The role of molybdenum (Mo) in platinum-molybdenum (PtMo) catalysts has gained significant attention in recent years, particularly in the context of enhancing electrocatalytic activity for reactions such as CO oxidation. Researchers have attributed the improved performance of PtMo catalysts to the presence of oxygenated species on the surface of catalyst particles. These Mo oxy-hydroxide species, as revealed through X-ray absorption near-edge structure (XANES) studies, play a crucial role in facilitating oxygen transfer, which is essential for catalytic reactions.

The electronic properties of the PtMo catalyst vary with applied potential, as highlighted by Mukerjee and colleagues. Their findings indicate that the oxidation state of Mo changes, shifting from +V at 0.0 V to higher values as the potential increases. This shift suggests that the interaction between Pt and Mo alters under different electrochemical conditions, affecting the catalysts' overall activity. The d band vacancy per Pt atom also increases at higher potentials, which is a significant factor in enhancing catalytic performance.

However, when comparing PtMo with other alloy catalysts like platinum-ruthenium (PtRu), notable differences arise. While PtMo catalysts exhibit promising characteristics, they do not perform as effectively for the oxidation of methanol and ethanol as PtRu catalysts do. This discrepancy can be attributed to the structural differences between the materials and the specific atomic arrangements that affect reaction pathways. The necessity of ensembles of active atoms for dehydrogenation reactions further complicates the performance of PtMo, as these ensembles are disrupted by the presence of Mo.

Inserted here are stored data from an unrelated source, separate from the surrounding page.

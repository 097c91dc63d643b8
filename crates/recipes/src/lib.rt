// Heaps made by the calls from short recipes, and lines of text cut into their parts.

#![tactic(auto)]

pub mod cutting;
pub mod heaps;
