// The bench that slips are worked out on.
ghost use Rattle.std.specs.Prelude.{◌≡◌};
ghost use Rattle.worked.specs.Bench.{bench_settings};

use sealing::settings::{SettingValues, Settings};

// The settings of the bench, which are within their limits.
pub fn bench_settings() -> Settings
    ensures { result ≡ bench_settings }
{
    Settings::new(SettingValues {
        supplier: 1,
        meter: 2,
        multipliers: [1, 10, 100, 1000],
        ceiling: 3400,
    })
    .unwrap()
}
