// Slips worked out by hand, held against the definitions, and the settings of the bench that they are worked out on.
#![tactic(auto)]

ghost use Rattle.worked.specs.Worked.{WorkedSlips};

pub mod bench;

// The definitions give what was worked out by hand.
pub fn worked_slips() -> u8
    ensures { WorkedSlips }
{
    0
}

One of the challenges in optimizing PtMo alloys is achieving a well-mixed structure. Studies have shown that the fraction of Mo in the first coordination shell of Pt atoms is often lower than expected, suggesting that the Mo does not integrate seamlessly into the Pt matrix. To address this, researchers have developed methods to ensure that Mo is closely associated with Pt, utilizing controlled surface reactions that modify the Pt surface with small amounts of Mo. This approach has demonstrated improved CO tolerance at low potentials, corroborating the beneficial role of Mo oxy-hydroxides.

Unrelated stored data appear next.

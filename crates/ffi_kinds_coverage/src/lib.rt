// Coverage, its runs alone, and canonical list of a range list by a table of kind numbers.
#![tactic(auto)]

ghost use Rattle.std.specs.Prelude.{◌≡◌};
ghost use Rattle.coverage.specs.Covered.{range_list_by, source, coverage_of};
ghost use Rattle.canonical.specs.Canonical.{canonical_of};
ghost use Rattle.coverage.specs.Output.{written};
ghost use Rattle.coverage.specs.Told.{placing, putting};
ghost use Rattle.ffi_words.specs.Common.{endian_in, encoding_of, left};
ghost use Rattle.ffi_words.specs.Coverages.{handed, placed_told, output_left};

use ffi_words::common::YzEncoding;
use ffi_words::coverages::{Places, YzCount};
use section_bytes::common::RangeListsOffset;

// The refusals of opening, then the first of a walk's refusal and 10.
#[unsafe(no_mangle)]
pub extern "C" fn yz_range_coverage_by(
    section: &[u8],
    debug_addr: &[u8],
    debug_addr_base: u64,
    encoding: YzEncoding,
    offset: u64,
    base_address: u64,
    kinds: &[u8],
    begins: &mut Places,
    ends: &mut Places,
) -> YzCount
    ensures { handed result begins.new ends.new ≡ placed_told (placing (coverage_of (source (range_list_by kinds.now) (encoding_of encoding) (endian_in encoding) section.now offset base_address debug_addr.now (record { 0 = debug_addr_base }))) begins.old ends.old) }
{
    let unit = ffi_words::common::unit_of(encoding, debug_addr, debug_addr_base);
    let r = coverage::place::place_ranges_by(
        section,
        &unit,
        RangeListsOffset(offset),
        base_address,
        kinds,
        begins,
        ends,
    );
    ffi_words::coverages::count_written(r)
}

// The refusals of the coverage, then 11.
#[unsafe(no_mangle)]
pub extern "C" fn yz_range_runs_by(
    section: &[u8],
    debug_addr: &[u8],
    debug_addr_base: u64,
    encoding: YzEncoding,
    offset: u64,
    base_address: u64,
    kinds: &[u8],
    begins: &mut [u64],
    ends: &mut [u64],
) -> YzCount
    ensures { handed result begins.new ends.new ≡ placed_told (putting (coverage_of (source (range_list_by kinds.now) (encoding_of encoding) (endian_in encoding) section.now offset base_address debug_addr.now (record { 0 = debug_addr_base }))) begins.old ends.old) }
{
    let unit = ffi_words::common::unit_of(encoding, debug_addr, debug_addr_base);
    let r = coverage::place::runs_of_ranges_by(
        section,
        &unit,
        RangeListsOffset(offset),
        base_address,
        kinds,
        begins,
        ends,
    );
    ffi_words::coverages::count_written(r)
}

// The refusals of the coverage, then 11.
#[unsafe(no_mangle)]
pub extern "C" fn yz_range_canonical_by(
    section: &[u8],
    debug_addr: &[u8],
    debug_addr_base: u64,
    encoding: YzEncoding,
    offset: u64,
    base_address: u64,
    kinds: &[u8],
    output: &mut [u8],
) -> YzCount
    ensures { left result output.new ≡ output_left (written (canonical_of (source (range_list_by kinds.now) (encoding_of encoding) (endian_in encoding) section.now offset base_address debug_addr.now (record { 0 = debug_addr_base }))) output.old) }
{
    let unit = ffi_words::common::unit_of(encoding, debug_addr, debug_addr_base);
    let r = canonical::of_list::canonical_ranges_by(
        section,
        &unit,
        RangeListsOffset(offset),
        base_address,
        kinds,
        output,
    );
    ffi_words::coverages::count_written(r)
}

Advancements in alloy catalyst research, such as the investigation of PtSn/C catalysts, further emphasize the potential of modifying traditional platinum catalysts. These studies reveal that different alloy compositions can lead to enhanced catalytic activity for specific reactions, including methanol oxidation. By understanding the underlying mechanisms and optimizing the structural composition of these catalysts, researchers are paving the way for more efficient and effective electrocatalytic materials in energy conversion applications.